Machine learning approaches in predicting allosteric sites

Francho Nerín-Fonz,Zoe Cournia
DOI: https://doi.org/10.26434/chemrxiv-2024-4gf9b
2024-01-17
Abstract:Allosteric regulation is a fundamental biological mechanism that can control critical cellular processes via allosteric modulator binding to protein distal functional sites. The advantages of allosteric modulators over orthosteric ones have sparked the development of numerous computational approaches, such as the identification of allosteric binding sites, to facilitate allosteric drug discovery. Building on the success of Machine Learning (ML) models for solving complex problems in biology and chemistry, several ML models for predicting allosteric sites have been developed. In this review, we provide an overview of these models and discuss future perspectives powered by the field of Artificial Intelligence such as protein Language Models.
Chemistry
What problem does this paper attempt to address?

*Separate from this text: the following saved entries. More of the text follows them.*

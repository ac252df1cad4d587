// The answer to each question, of a table that was loaded.
ghost use Rattle.std.specs.Prelude.{◌≡◌, cond, is_ok};
ghost use Rattle.rules.specs.Looking.{first_half, second_half, look};
ghost use Rattle.rules.specs.declared.Refusal.TheVariants.{RowsOrWeightsWrong};
ghost use Rattle.colour.specs.Plans.{Readable};
ghost use Rattle.desk.specs.Outcomes.{EndsAs};
ghost use Rattle.desk.specs.declared.outcomes.Outcome.TheVariants.{Done, Refused, Failed};
ghost use Rattle.explain.specs.Questions.{looked_as, kept_as, given_as, held_as, asked_as};

use crate::kept::show_line;
use crate::question::Question;
use crate::show::{show_look, show_pixel_look};
use desk::{Host, Outcome};
use halves::{first_half, judged_shares, look, second_half};
use rules::{Bits, Codes, Depths, Description, Looked, Misfit, Refusal, Shares};
use std::io;
use std::io::Write;

// Any question that is refused ends so, once the desk has said why.
fn refuse(host: &mut Host, reason: Refusal) -> Outcome
    ensures { result ≡ Refused }
{
    desk::refuse(host, reason)
}

// What is shown is done with, unless it could not be written.
fn done_if(host: &mut Host, written: io::Result<()>) -> Outcome
    ensures { result ≡ cond (is_ok written) Done Failed }
{
    Outcome::Done.when_written(host, written)
}

// A code that no depth has: 20 comes before 23.
fn refuse_beyond(host: &mut Host, bits: Bits) -> Outcome
    ensures { result ≡ Refused }
{
    match Depths::of(bits) {
        Some(_) => refuse(host, Refusal::CodeTooGreat),
        None => refuse(host, Refusal::DepthUnknown),
    }
}

// ---- what made a pixel's codes

// The look at a pixel of 16-bit codes, explained or refused.
fn explain_held(
    host: &mut Host,
    d: Description,
    file: &[u8],
    table: &[i64],
    bits: Bits,
    raw: Codes,
) -> Outcome
    ensures { EndsAs (looked_as (look d table.now bits raw)) result }
{
    let Some(depths) = Depths::of(bits) else {
        return refuse(host, Refusal::DepthUnknown);
    };
    match look(d, table, bits, raw) {
        Err(reason) => refuse(host, reason),
        Ok(Looked { codes, shares }) => {
            let out = &mut host.out;
            let written = show_pixel_look(
                out, raw, bits.raw, d, file, table, depths, codes, shares,
            );
            done_if(host, written)
        }
    }
}

fn explain_pixel(
    host: &mut Host,
    d: Description,
    file: &[u8],
    table: &[i64],
    bits: Bits,
    pixel: Option<Codes>,
) -> Outcome
    ensures { EndsAs (held_as (λ raw. looked_as (look d table.now bits raw)) pixel) result }
{
    match pixel {
        Some(raw) => explain_held(host, d, file, table, bits, raw),
        None => refuse_beyond(host, bits),
    }
}

// ---- a pixel's line

// The first half of the look, printed or refused.
fn keep_held(host: &mut Host, d: Description, table: &[i64], raw: u32, codes: Codes) -> Outcome
    ensures { EndsAs (kept_as (first_half d table.now raw codes)) result }
{
    match first_half(d, table, raw, codes) {
        Err(reason) => refuse(host, reason),
        Ok(shares) => {
            let written = show_line(&mut host.out, raw, shares);
            done_if(host, written)
        }
    }
}

fn keep_pixel(
    host: &mut Host,
    d: Description,
    table: &[i64],
    raw: u32,
    pixel: Option<Codes>,
) -> Outcome
    ensures { EndsAs (held_as (λ codes. kept_as (first_half d table.now raw codes)) pixel) result }
{
    match pixel {
        Some(codes) => keep_held(host, d, table, raw, codes),
        None => {
            let corrected = raw;
            refuse_beyond(host, Bits { raw, corrected })
        }
    }
}

// ---- the codes of a line

fn say_more(host: &mut Host, words: &str) {
    let program = host.program;
    let _ = writeln!(host.err, "{program}: {words}");
}

// Which of the conditions of 26 was found first.
fn say_found(host: &mut Host, found: Result<(), Misfit>) {
    match found {
        Ok(()) => {}
        Err(Misfit::RowBeyond) => say_more(
            host,
            "a row number is not below the table's count of rows",
        ),
        Err(Misfit::NegativeWeight) => say_more(host, "a weight is negative"),
        Err(Misfit::WrongSum) => say_more(host, "weights do not add up to their denominator"),
    }
}

// 26 with a line more; another refusal as always.
fn refuse_line(
    host: &mut Host,
    d: Description,
    depths: Depths,
    shares: Shares,
    reason: Refusal,
) -> Outcome
    requires { reason ≡ RowsOrWeightsWrong → Readable d }
    ensures { result ≡ Refused }
{
    let refused = refuse(host, reason);
    let Refusal::RowsOrWeightsWrong = reason else {
        return refused;
    };
    let raw = depths.raw;
    say_found(host, judged_shares(d, raw.greatest(), shares));
    refused
}

// The second half of a look, explained or refused.
fn explain_line(
    host: &mut Host,
    d: Description,
    file: &[u8],
    table: &[i64],
    bits: Bits,
    shares: Shares,
) -> Outcome
    ensures { EndsAs (given_as (second_half d table.now bits shares)) result }
{
    let Some(depths) = Depths::of(bits) else {
        return refuse(host, Refusal::DepthUnknown);
    };
    match second_half(d, table, bits, shares) {
        Err(reason) => refuse_line(host, d, depths, shares, reason),
        Ok(codes) => {
            let written = show_look(&mut host.out, d, file, table, depths, codes, shares);
            done_if(host, written)
        }
    }
}

// ---- any of them. The table was loaded, so that the answer is never 24: then come 20, and 23 or 26

pub fn explain(
    host: &mut Host,
    d: Description,
    file: &[u8],
    table: &[i64],
    question: Question,
) -> Outcome
    ensures { EndsAs (asked_as d table.now question) result }
{
    match question {
        Question::Pixel { bits, pixel } => explain_pixel(host, d, file, table, bits, pixel),
        Question::LineOf { raw, pixel } => keep_pixel(host, d, table, raw, pixel),
        Question::Line { bits, shares } => explain_line(host, d, file, table, bits, shares),
    }
}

The problem that this paper attempts to solve is: **How to use machine - learning methods to predict allosteric sites of proteins**. Specifically, the article explores identifying possible allosteric sites in proteins through machine - learning (ML) models to assist in the design and discovery of allosteric drugs. Allosteric regulation is an important biological mechanism, which can control key cellular processes by allosteric modulators binding to the functional sites of proteins. Compared with orthosteric sites, allosteric sites have unique advantages, such as higher selectivity and lower toxicity, and thus become important targets in drug design. The article points out that traditional experimental methods for studying allosteric sites are very challenging and often rely on accidental discovery. To overcome these difficulties, researchers have developed a variety of computational methods, especially machine - learning models, for predicting potential allosteric sites. These models are trained based on existing protein - structure data and allosteric - site annotation information, and use features such as physicochemical properties and network analysis to improve prediction accuracy. In summary, the main purposes of this paper are: 1. **To review the progress of existing machine - learning models in predicting allosteric sites**. 2. **To discuss the advantages and limitations of these models**. 3. **To look forward to future research directions**, especially the application prospects of new tools in the field of artificial intelligence such as protein language models (pLMs). Through these efforts, researchers hope to discover new allosteric sites more efficiently, thereby accelerating the research and development process of allosteric drugs.